Hand back the entries below exactly.

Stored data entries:
****************************************
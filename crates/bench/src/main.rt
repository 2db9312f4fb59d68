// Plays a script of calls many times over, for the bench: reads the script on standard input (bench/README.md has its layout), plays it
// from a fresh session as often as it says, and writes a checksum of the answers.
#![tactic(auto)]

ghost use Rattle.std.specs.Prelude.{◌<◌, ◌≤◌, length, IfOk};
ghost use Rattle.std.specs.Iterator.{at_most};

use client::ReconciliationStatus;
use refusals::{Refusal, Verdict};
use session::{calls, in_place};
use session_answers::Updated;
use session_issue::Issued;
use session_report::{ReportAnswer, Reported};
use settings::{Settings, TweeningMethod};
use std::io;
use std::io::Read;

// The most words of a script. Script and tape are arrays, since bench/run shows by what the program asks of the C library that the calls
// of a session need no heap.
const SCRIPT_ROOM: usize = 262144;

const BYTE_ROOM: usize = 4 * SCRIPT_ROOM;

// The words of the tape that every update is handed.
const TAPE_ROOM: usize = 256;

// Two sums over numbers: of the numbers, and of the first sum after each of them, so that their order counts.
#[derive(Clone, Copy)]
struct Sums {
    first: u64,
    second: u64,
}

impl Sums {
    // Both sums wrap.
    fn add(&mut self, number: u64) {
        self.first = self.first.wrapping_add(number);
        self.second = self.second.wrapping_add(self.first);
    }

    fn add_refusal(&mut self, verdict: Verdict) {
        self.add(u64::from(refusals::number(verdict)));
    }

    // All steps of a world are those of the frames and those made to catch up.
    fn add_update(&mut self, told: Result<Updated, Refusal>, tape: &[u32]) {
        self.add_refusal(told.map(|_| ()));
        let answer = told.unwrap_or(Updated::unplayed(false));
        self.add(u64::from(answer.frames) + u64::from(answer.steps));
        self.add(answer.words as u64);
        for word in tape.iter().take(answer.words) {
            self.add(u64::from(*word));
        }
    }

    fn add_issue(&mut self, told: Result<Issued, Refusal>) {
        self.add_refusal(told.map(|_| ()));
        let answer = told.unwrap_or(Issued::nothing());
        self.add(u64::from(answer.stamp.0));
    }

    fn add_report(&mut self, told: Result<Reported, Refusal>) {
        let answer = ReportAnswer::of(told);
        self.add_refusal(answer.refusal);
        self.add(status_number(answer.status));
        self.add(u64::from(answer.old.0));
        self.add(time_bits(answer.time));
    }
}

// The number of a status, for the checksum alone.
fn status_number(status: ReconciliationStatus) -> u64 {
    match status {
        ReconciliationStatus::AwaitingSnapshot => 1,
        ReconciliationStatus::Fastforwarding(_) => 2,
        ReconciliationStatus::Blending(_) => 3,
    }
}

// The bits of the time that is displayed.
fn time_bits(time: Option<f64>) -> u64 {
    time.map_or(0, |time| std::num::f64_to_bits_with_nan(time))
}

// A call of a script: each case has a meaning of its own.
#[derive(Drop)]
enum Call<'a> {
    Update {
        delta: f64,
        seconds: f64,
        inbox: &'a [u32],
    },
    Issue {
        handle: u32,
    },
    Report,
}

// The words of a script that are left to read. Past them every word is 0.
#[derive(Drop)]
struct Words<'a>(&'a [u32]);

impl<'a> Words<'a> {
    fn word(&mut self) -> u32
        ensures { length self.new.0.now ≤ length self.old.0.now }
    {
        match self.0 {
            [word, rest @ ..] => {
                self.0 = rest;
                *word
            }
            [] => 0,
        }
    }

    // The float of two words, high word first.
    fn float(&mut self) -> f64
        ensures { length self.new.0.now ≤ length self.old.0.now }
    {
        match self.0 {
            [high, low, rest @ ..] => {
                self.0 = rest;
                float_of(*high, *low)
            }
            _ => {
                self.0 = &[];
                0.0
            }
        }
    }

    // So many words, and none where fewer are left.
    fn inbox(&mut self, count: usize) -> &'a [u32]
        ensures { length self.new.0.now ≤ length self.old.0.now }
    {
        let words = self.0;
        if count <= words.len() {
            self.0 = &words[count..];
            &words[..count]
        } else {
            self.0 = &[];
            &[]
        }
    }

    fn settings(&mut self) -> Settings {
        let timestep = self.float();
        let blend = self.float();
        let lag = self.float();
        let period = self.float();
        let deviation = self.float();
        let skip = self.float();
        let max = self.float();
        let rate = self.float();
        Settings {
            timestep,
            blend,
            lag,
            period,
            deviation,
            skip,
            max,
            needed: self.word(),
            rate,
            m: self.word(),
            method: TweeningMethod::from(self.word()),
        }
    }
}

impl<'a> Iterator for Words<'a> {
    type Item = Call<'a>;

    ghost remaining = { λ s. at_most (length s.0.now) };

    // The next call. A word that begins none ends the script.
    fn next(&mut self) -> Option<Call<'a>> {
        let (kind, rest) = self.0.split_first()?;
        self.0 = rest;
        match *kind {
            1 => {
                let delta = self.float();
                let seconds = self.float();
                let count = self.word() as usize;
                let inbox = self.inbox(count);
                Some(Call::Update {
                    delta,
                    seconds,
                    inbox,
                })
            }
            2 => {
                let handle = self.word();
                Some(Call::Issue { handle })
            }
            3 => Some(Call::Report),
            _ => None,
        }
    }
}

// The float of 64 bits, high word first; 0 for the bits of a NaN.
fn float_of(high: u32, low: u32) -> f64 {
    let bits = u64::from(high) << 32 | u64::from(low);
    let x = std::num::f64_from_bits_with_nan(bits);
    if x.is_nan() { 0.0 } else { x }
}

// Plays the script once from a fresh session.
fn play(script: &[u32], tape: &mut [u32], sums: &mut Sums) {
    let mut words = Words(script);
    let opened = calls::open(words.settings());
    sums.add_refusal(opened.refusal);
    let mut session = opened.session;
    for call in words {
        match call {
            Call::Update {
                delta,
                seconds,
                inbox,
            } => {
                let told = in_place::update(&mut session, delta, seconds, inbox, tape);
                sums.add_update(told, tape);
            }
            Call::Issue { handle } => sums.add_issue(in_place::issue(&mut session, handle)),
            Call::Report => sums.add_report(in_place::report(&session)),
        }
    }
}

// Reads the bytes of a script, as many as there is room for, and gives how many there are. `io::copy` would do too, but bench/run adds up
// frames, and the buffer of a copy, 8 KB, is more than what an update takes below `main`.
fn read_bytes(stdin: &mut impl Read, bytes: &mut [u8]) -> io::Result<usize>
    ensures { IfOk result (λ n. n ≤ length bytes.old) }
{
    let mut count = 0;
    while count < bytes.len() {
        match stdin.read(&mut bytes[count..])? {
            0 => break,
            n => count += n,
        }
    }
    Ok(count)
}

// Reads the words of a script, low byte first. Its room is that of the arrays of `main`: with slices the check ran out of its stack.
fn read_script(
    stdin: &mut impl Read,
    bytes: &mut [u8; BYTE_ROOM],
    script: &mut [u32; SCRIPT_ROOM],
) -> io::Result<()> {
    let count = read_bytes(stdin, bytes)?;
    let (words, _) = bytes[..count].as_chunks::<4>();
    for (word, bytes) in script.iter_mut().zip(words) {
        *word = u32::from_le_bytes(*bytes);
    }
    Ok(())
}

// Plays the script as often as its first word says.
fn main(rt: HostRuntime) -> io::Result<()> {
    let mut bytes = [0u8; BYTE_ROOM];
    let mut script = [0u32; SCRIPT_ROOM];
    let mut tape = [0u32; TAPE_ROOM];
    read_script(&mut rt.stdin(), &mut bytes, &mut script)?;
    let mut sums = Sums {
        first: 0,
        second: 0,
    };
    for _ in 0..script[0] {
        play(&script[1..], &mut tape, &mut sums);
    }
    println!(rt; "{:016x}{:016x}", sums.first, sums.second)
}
****************************************
# WRITTEN SOLUTION:
filename crates/bench/src/main.rt
repository 2db9312f4fb59d68
// Plays a script of calls many times over, for the bench: reads the script on standard input (bench/README.md has its layout), plays it
// from a fresh session as often as it says, and writes a checksum of the answers.
#![tactic(auto)]

ghost use Rattle.std.specs.Prelude.{◌<◌, ◌≤◌, length, IfOk};
ghost use Rattle.std.specs.Iterator.{at_most};

use client::ReconciliationStatus;
use refusals::{Refusal, Verdict};
use session::{calls, in_place};
use session_answers::Updated;
use session_issue::Issued;
use session_report::{ReportAnswer, Reported};
use settings::{Settings, TweeningMethod};
use std::io;
use std::io::Read;

// The most words of a script. Script and tape are arrays, since bench/run shows by what the program asks of the C library that the calls
// of a session need no heap.
const SCRIPT_ROOM: usize = 262144;

const BYTE_ROOM: usize = 4 * SCRIPT_ROOM;

// The words of the tape that every update is handed.
const TAPE_ROOM: usize = 256;

// Two sums over numbers: of the numbers, and of the first sum after each of them, so that their order counts.
#[derive(Clone, Copy)]
struct Sums {
    first: u64,
    second: u64,
}

impl Sums {
    // Both sums wrap.
    fn add(&mut self, number: u64) {
        self.first = self.first.wrapping_add(number);
        self.second = self.second.wrapping_add(self.first);
    }

    fn add_refusal(&mut self, verdict: Verdict) {
        self.add(u64::from(refusals::number(verdict)));
    }

    // All steps of a world are those of the frames and those made to catch up.
    fn add_update(&mut self, told: Result<Updated, Refusal>, tape: &[u32]) {
        self.add_refusal(told.map(|_| ()));
        let answer = told.unwrap_or(Updated::unplayed(false));
        self.add(u64::from(answer.frames) + u64::from(answer.steps));
        self.add(answer.words as u64);
        for word in tape.iter().take(answer.words) {
            self.add(u64::from(*word));
        }
    }

    fn add_issue(&mut self, told: Result<Issued, Refusal>) {
        self.add_refusal(told.map(|_| ()));
        let answer = told.unwrap_or(Issued::nothing());
        self.add(u64::from(answer.stamp.0));
    }

    fn add_report(&mut self, told: Result<Reported, Refusal>) {
        let answer = ReportAnswer::of(told);
        self.add_refusal(answer.refusal);
        self.add(status_number(answer.status));
        self.add(u64::from(answer.old.0));
        self.add(time_bits(answer.time));
    }
}

// The number of a status, for the checksum alone.
fn status_number(status: ReconciliationStatus) -> u64 {
    match status {
        ReconciliationStatus::AwaitingSnapshot => 1,
        ReconciliationStatus::Fastforwarding(_) => 2,
        ReconciliationStatus::Blending(_) => 3,
    }
}

// The bits of the time that is displayed.
fn time_bits(time: Option<f64>) -> u64 {
    time.map_or(0, |time| std::num::f64_to_bits_with_nan(time))
}

// A call of a script: each case has a meaning of its own.
#[derive(Drop)]
enum Call<'a> {
    Update {
        delta: f64,
        seconds: f64,
        inbox: &'a [u32],
    },
    Issue {
        handle: u32,
    },
    Report,
}

// The words of a script that are left to read. Past them every word is 0.
#[derive(Drop)]
struct Words<'a>(&'a [u32]);

impl<'a> Words<'a> {
    fn word(&mut self) -> u32
        ensures { length self.new.0.now ≤ length self.old.0.now }
    {
        match self.0 {
            [word, rest @ ..] => {
                self.0 = rest;
                *word
            }
            [] => 0,
        }
    }

    // The float of two words, high word first.
    fn float(&mut self) -> f64
        ensures { length self.new.0.now ≤ length self.old.0.now }
    {
        match self.0 {
            [high, low, rest @ ..] => {
                self.0 = rest;
                float_of(*high, *low)
            }
            _ => {
                self.0 = &[];
                0.0
            }
        }
    }

    // So many words, and none where fewer are left.
    fn inbox(&mut self, count: usize) -> &'a [u32]
        ensures { length self.new.0.now ≤ length self.old.0.now }
    {
        let words = self.0;
        if count <= words.len() {
            self.0 = &words[count..];
            &words[..count]
        } else {
            self.0 = &[];
            &[]
        }
    }

    fn settings(&mut self) -> Settings {
        let timestep = self.float();
        let blend = self.float();
        let lag = self.float();
        let period = self.float();
        let deviation = self.float();
        let skip = self.float();
        let max = self.float();
        let rate = self.float();
        Settings {
            timestep,
            blend,
            lag,
            period,
            deviation,
            skip,
            max,
            needed: self.word(),
            rate,
            m: self.word(),
            method: TweeningMethod::from(self.word()),
        }
    }
}

impl<'a> Iterator for Words<'a> {
    type Item = Call<'a>;

    ghost remaining = { λ s. at_most (length s.0.now) };

    // The next call. A word that begins none ends the script.
    fn next(&mut self) -> Option<Call<'a>> {
        let (kind, rest) = self.0.split_first()?;
        self.0 = rest;
        match *kind {
            1 => {
                let delta = self.float();
                let seconds = self.float();
                let count = self.word() as usize;
                let inbox = self.inbox(count);
                Some(Call::Update {
                    delta,
                    seconds,
                    inbox,
                })
            }
            2 => {
                let handle = self.word();
                Some(Call::Issue { handle })
            }
            3 => Some(Call::Report),
            _ => None,
        }
    }
}

// The float of 64 bits, high word first; 0 for the bits of a NaN.
fn float_of(high: u32, low: u32) -> f64 {
    let bits = u64::from(high) << 32 | u64::from(low);
    let x = std::num::f64_from_bits_with_nan(bits);
    if x.is_nan() { 0.0 } else { x }
}

// Plays the script once from a fresh session.
fn play(script: &[u32], tape: &mut [u32], sums: &mut Sums) {
    let mut words = Words(script);
    let opened = calls::open(words.settings());
    sums.add_refusal(opened.refusal);
    let mut session = opened.session;
    for call in words {
        match call {
            Call::Update {
                delta,
                seconds,
                inbox,
            } => {
                let told = in_place::update(&mut session, delta, seconds, inbox, tape);
                sums.add_update(told, tape);
            }
            Call::Issue { handle } => sums.add_issue(in_place::issue(&mut session, handle)),
            Call::Report => sums.add_report(in_place::report(&session)),
        }
    }
}

// Reads the bytes of a script, as many as there is room for, and gives how many there are. `io::copy` would do too, but bench/run adds up
// frames, and the buffer of a copy, 8 KB, is more than what an update takes below `main`.
fn read_bytes(stdin: &mut impl Read, bytes: &mut [u8]) -> io::Result<usize>
    ensures { IfOk result (λ n. n ≤ length bytes.old) }
{
    let mut count = 0;
    while count < bytes.len() {
        match stdin.read(&mut bytes[count..])? {
            0 => break,
            n => count += n,
        }
    }
    Ok(count)
}

// Reads the words of a script, low byte first. Its room is that of the arrays of `main`: with slices the check ran out of its stack.
fn read_script(
    stdin: &mut impl Read,
    bytes: &mut [u8; BYTE_ROOM],
    script: &mut [u32; SCRIPT_ROOM],
) -> io::Result<()> {
    let count = read_bytes(stdin, bytes)?;
    let (words, _) = bytes[..count].as_chunks::<4>();
    for (word, bytes) in script.iter_mut().zip(words) {
        *word = u32::from_le_bytes(*bytes);
    }
    Ok(())
}

// Plays the script as often as its first word says.
fn main(rt: HostRuntime) -> io::Result<()> {
    let mut bytes = [0u8; BYTE_ROOM];
    let mut script = [0u32; SCRIPT_ROOM];
    let mut tape = [0u32; TAPE_ROOM];
    read_script(&mut rt.stdin(), &mut bytes, &mut script)?;
    let mut sums = Sums {
        first: 0,
        second: 0,
    };
    for _ in 0..script[0] {
        play(&script[1..], &mut tape, &mut sums);
    }
    println!(rt; "{:016x}{:016x}", sums.first, sums.second)
}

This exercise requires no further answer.